**DATA TO EXAMINE:**
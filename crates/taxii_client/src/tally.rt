ghost use Rattle.std.specs.Prelude.{◌≡◌, not, count_by};
ghost use Rattle.taxii_client.specs.Absorbing.{is_added};

use taxii_store::AddOutcome;

/// The outcome of a page's entries.
#[derive(Clone, Copy, Debug, PartialEq, Eq)]
pub struct Tally {
    /// The number of objects that became rows.
    pub added: u64,
    /// The number of objects that were already present.
    pub present: u64,
    /// The number of entries that are no JSON value or violate a rule.
    pub skipped: u64,
}

impl Tally {
    /// The tally of an addition with these outcomes, and of the entries skipped besides.
    pub(crate) fn of(outcomes: &[AddOutcome], skipped: u64) -> Tally
        ensures added { result.added ≡ count_by is_added outcomes.now }
        ensures present { result.present
            ≡ count_by (λ outcome. not (is_added outcome)) outcomes.now }
        ensures skipped { result.skipped ≡ skipped }
    {
        Tally {
            added: count_added(outcomes) as u64,
            present: count_present(outcomes) as u64,
            skipped,
        }
    }
}

fn count_added(outcomes: &[AddOutcome]) -> usize
    ensures { result ≡ count_by is_added outcomes.now }
{
    outcomes
        .iter()
        .filter(|outcome| matches!(outcome, AddOutcome::Added { .. }))
        .count()
}

fn count_present(outcomes: &[AddOutcome]) -> usize
    ensures { result ≡ count_by (λ outcome. not (is_added outcome)) outcomes.now }
{
    outcomes
        .iter()
        .filter(|outcome| matches!(outcome, AddOutcome::Present { .. }))
        .count()
}
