ghost use Rattle.std.specs.Prelude.{◌≡◌, ◌⊎◌, option_map, IfOk, IfErr};
ghost use Rattle.stix_json.specs.Envelopes.{IsEnvelopeOf};
ghost use Rattle.taxii_client.specs.Environment.{link_view};
ghost use Rattle.taxii_client.specs.Fetches.{Fetched, IsNoEnvelope};
ghost use Rattle.taxii_client.specs.ReplyRefusals.{for_body};
ghost use Rattle.taxii_client.specs.declared.fetch_end.FetchEnd.TheVariants as FetchEnd;
ghost use Rattle.taxii_client.specs.declared.reply_refusal.ReplyRefusal.TheVariants.{NotEnvelope};

use crate::{FetchEnd, ReplyRefusal, Target, request_text};
use flow_edges::write_whole;
use flow_links::Link;
use http_messages::read_reply;
use http_messages::reply_laws::all_are_needed;
use std::alloc::Global;
use stix_json::{Envelope, JsonRefusal, read_envelope};

/// Requests a page over a link: the first page of the target, or the one after the cursor `next`.
/// Reads the response, and no byte after it.
pub fn fetch<L: Link>(
    alloc: Global,
    target: &Target,
    next: Option<&str>,
    link: &mut L,
) -> Result<Envelope, FetchEnd>
    ensures { Fetched target.now (option_map (λ next. next.now) next.entry)
        (link_view L.left L.written L.Source.faults L.Sink.faults link.old)
        (link_view L.left L.written L.Source.faults L.Sink.faults link.new) result }
{
    all_are_needed();
    let text = request_text(alloc, target, next)?;
    write_whole(link, text.as_str().as_bytes())?;
    let body = read_reply(alloc, link)?;
    page_of(alloc, body.as_slice())
}

/// Parses the body of a response as a page.
fn page_of(alloc: Global, body: &[u8]) -> Result<Envelope, FetchEnd>
    ensures ok { IfOk result (λ envelope. IsEnvelopeOf body.now envelope) }
    ensures err { IfErr result (λ end. (end ≡ FetchEnd.NoMemory)
        ⊎ ((end ≡ FetchEnd.Refused NotEnvelope) × IsNoEnvelope body.now)) }
{
    match read_envelope(alloc, body) {
        Ok(envelope) => Ok(envelope),
        Err(refusal) => Err(end_for(&refusal)),
    }
}

/// The result for a body that is no page.
fn end_for(refusal: &JsonRefusal) -> FetchEnd
    ensures { result ≡ for_body refusal.now }
{
    match refusal {
        JsonRefusal::NoMemory => FetchEnd::NoMemory,
        JsonRefusal::NotJson
        | JsonRefusal::TooDeep { .. }
        | JsonRefusal::NotWhole { .. }
        | JsonRefusal::Null { .. }
        | JsonRefusal::OutOfRange { .. }
        | JsonRefusal::NotList => FetchEnd::Refused(ReplyRefusal::NotEnvelope),
    }
}
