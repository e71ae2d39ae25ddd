use flow_values::NoMemory;
use taxii_rows::KeeperRefusal;
use taxii_store::PlanRefusal;
use thiserror::Error;

/// Why a page is not absorbed. Nothing has changed.
#[derive(Clone, Copy, Debug, PartialEq, Eq, Error)]
pub enum StoreRefusal {
    /// Fewer dates are left than there are new rows.
    #[error("the dates of rows are used up")]
    DatesUsedUp,
    /// The keeper failed, and has counted it.
    #[error("the keeper of the rows failed")]
    Fault,
    /// Memory ran out.
    #[error("out of memory")]
    NoMemory,
}

impl From<NoMemory> for StoreRefusal {
    ghost use Rattle.std.specs.Prelude.{◌≡◌};
    ghost use Rattle.taxii_client.specs.declared.store_refusal.StoreRefusal.TheVariants as StoreRefusal;

    ghost from_gives = { λ _ refusal. refusal ≡ StoreRefusal.NoMemory };

    fn from(_: NoMemory) -> StoreRefusal {
        StoreRefusal::NoMemory
    }
}

impl From<PlanRefusal> for StoreRefusal {
    ghost use Rattle.std.specs.Prelude.{◌≡◌};
    ghost use Rattle.taxii_client.specs.StoreRefusals.{for_plan};

    ghost from_gives = { λ plan refusal. refusal ≡ for_plan plan };

    fn from(refusal: PlanRefusal) -> StoreRefusal {
        match refusal {
            PlanRefusal::DatesUsedUp => StoreRefusal::DatesUsedUp,
            PlanRefusal::NoMemory => StoreRefusal::NoMemory,
        }
    }
}

impl From<KeeperRefusal> for StoreRefusal {
    ghost use Rattle.std.specs.Prelude.{◌≡◌};
    ghost use Rattle.taxii_client.specs.StoreRefusals.{for_keeper};

    ghost from_gives = { λ keeper refusal. refusal ≡ for_keeper keeper };

    fn from(refusal: KeeperRefusal) -> StoreRefusal {
        match refusal {
            KeeperRefusal::Fault => StoreRefusal::Fault,
            KeeperRefusal::NoMemory => StoreRefusal::NoMemory,
        }
    }
}
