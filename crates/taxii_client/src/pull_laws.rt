//! Theorems about the definitions. Each `ensures` states one; the functions have no effect.

ghost use Rattle.std.specs.Prelude.{◌≡◌, [], ◌∷◌, ◌++◌, ℕ, List, Option, All, true};
ghost use Rattle.flow_links.specs.Dials.{DialState};
ghost use Rattle.taxii_client.specs.Environment.{ClientLinkView};
ghost use Rattle.taxii_client.specs.Fetches.{FetchOutcome, IsFetchOutcome};
ghost use Rattle.taxii_client.specs.Pulls.{Lent, Page, PassThroughDial, IsPageAt, IsPull};
ghost use Rattle.taxii_client.specs.Pulls.{cursor_after};
ghost use Rattle.taxii_client.specs.declared.target.Target.{Target};
ghost use Rattle.taxii_client.specs.declared.cursor.Cursor.{Cursor};

use flow_links::Dial;

/// The outcome of a byte string is unique.
pub fn one_outcome()
    ensures { (bytes : List ℕ) (first second : FetchOutcome) → IsFetchOutcome bytes first
        → IsFetchOutcome bytes second → first ≡ second }
{
    http_messages::reply_laws::one_outcome();
}

/// A page received at the cursor of a pull extends it, and its link extends the pull's links.
pub fn pulls_continue<D: Dial>()
    ensures pages { (view : D.Link
        → ClientLinkView) (target : Target) (pages : List (Page D.Link)) (cursor : Cursor)
        (page : Page D.Link)
        → IsPull view target pages cursor → IsPageAt view target cursor page
        → IsPull view target (pages ++ page ∷ []) (cursor_after page.envelope) }
    ensures no_link { (target : Target) (observable : Option (DialState D.Link))
        → PassThroughDial target [] observable observable }
    ensures links { (target : Target) (links more : List (Lent D.Link))
        (before middle after : Option (DialState D.Link))
        → PassThroughDial target links before middle → PassThroughDial target more middle after
        → PassThroughDial target (links ++ more) before after }
{}

/// Each page of a pull but the last said that more follow.
pub fn pulls_continue_for_more<D: Dial>()
    ensures { (view : D.Link
        → ClientLinkView) (target : Target) (pages : List (Page D.Link)) (last : Page D.Link)
        (cursor : Cursor)
        → IsPull view target (pages ++ last ∷ []) cursor
        → All (λ page. page.envelope.more ≡ true) pages }
{}
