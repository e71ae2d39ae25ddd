ghost use Rattle.std.specs.Prelude.{◌<◌, ◌^◌, [], All, IfOk, OnOk};
ghost use Rattle.stix_json.specs.DataOf.{data_of};
ghost use Rattle.stix_json.specs.declared.entry.Entry.TheVariants.{Good};
ghost use Rattle.stix_objects.specs.Breaks.{AreBreaksOf};
ghost use Rattle.taxii_store.specs.Planned.{IsSound};
ghost use Rattle.taxii_client.specs.Absorbing.{IsReadable};
ghost use Rattle.taxii_client.specs.inner.Sorting.{Partitions, PartitionsOne, KeepsObject};

use flow_values::NoMemory;
use std::alloc::Global;
use stix_json::{Entry, Json};
use stix_objects::breaks;
use stix_objects::laws::{no_breaks, one_list};
use taxii_rows::{Described, describe};

/// The entries of a page, split into objects to add and entries to skip.
#[derive(Drop)]
pub(crate) struct Partitioned {
    /// The valid objects, as a store keeps them, in order.
    pub(crate) objects: Vec<Described>,
    /// The number of entries that are no JSON value or violate a rule.
    pub(crate) skipped: u64,
}

impl Partitioned {
    /// Splits the entries of a page. Each is dropped after its check.
    pub(crate) fn of(alloc: Global, entries: Vec<Entry>) -> Result<Partitioned, NoMemory>
        requires { All IsReadable entries.items }
        ensures partitions { IfOk result (Partitions entries.items) }
        ensures sound { IfOk result (λ partitioned. All IsSound partitioned.objects.items) }
    {
        let mut partitioned = Partitioned {
            objects: Vec::new(alloc),
            skipped: 0,
        };
        for entry in entries {
            partitioned.add(alloc, entry)?;
        }
        Ok(partitioned)
    }

    /// Adds an entry.
    fn add(&mut self, alloc: Global, entry: Entry) -> Result<(), NoMemory>
        requires readable { IsReadable entry }
        requires room { self.old.skipped < 2 ^ 63 }
        ensures { OnOk result (PartitionsOne entry self.old self.new) }
    {
        match entry {
            Entry::Good(value) => self.add_value(alloc, &value),
            Entry::Bad(_) => {
                self.skipped += 1;
                Ok(())
            }
        }
    }

    /// Adds a value: an object, or skipped if it violates a rule.
    fn add_value(&mut self, alloc: Global, value: &Json) -> Result<(), NoMemory>
        requires readable { IsReadable (Good value.now) }
        requires room { self.old.skipped < 2 ^ 63 }
        ensures { OnOk result (PartitionsOne (Good value.now) self.old self.new) }
    {
        one_list();
        let found = breaks(alloc, value)?;
        if found.is_empty() {
            self.add_object(alloc, value)
        } else {
            self.skipped += 1;
            Ok(())
        }
    }

    /// Adds an object.
    fn add_object(&mut self, alloc: Global, object: &Json) -> Result<(), NoMemory>
        requires readable { IsReadable (Good object.now) }
        requires unbroken { AreBreaksOf (data_of object.now) [] }
        ensures { OnOk result (KeepsObject (Good object.now) self.old self.new) }
    {
        no_breaks();
        let Some(described) = describe(alloc, object)? else {
            unreachable!();
        };
        self.objects.push(described)?;
        Ok(())
    }
}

**YOUR GOAL:** How many lines of the material above contain the string "middle"? Answer with the number only.

**TASK RESULT:** 2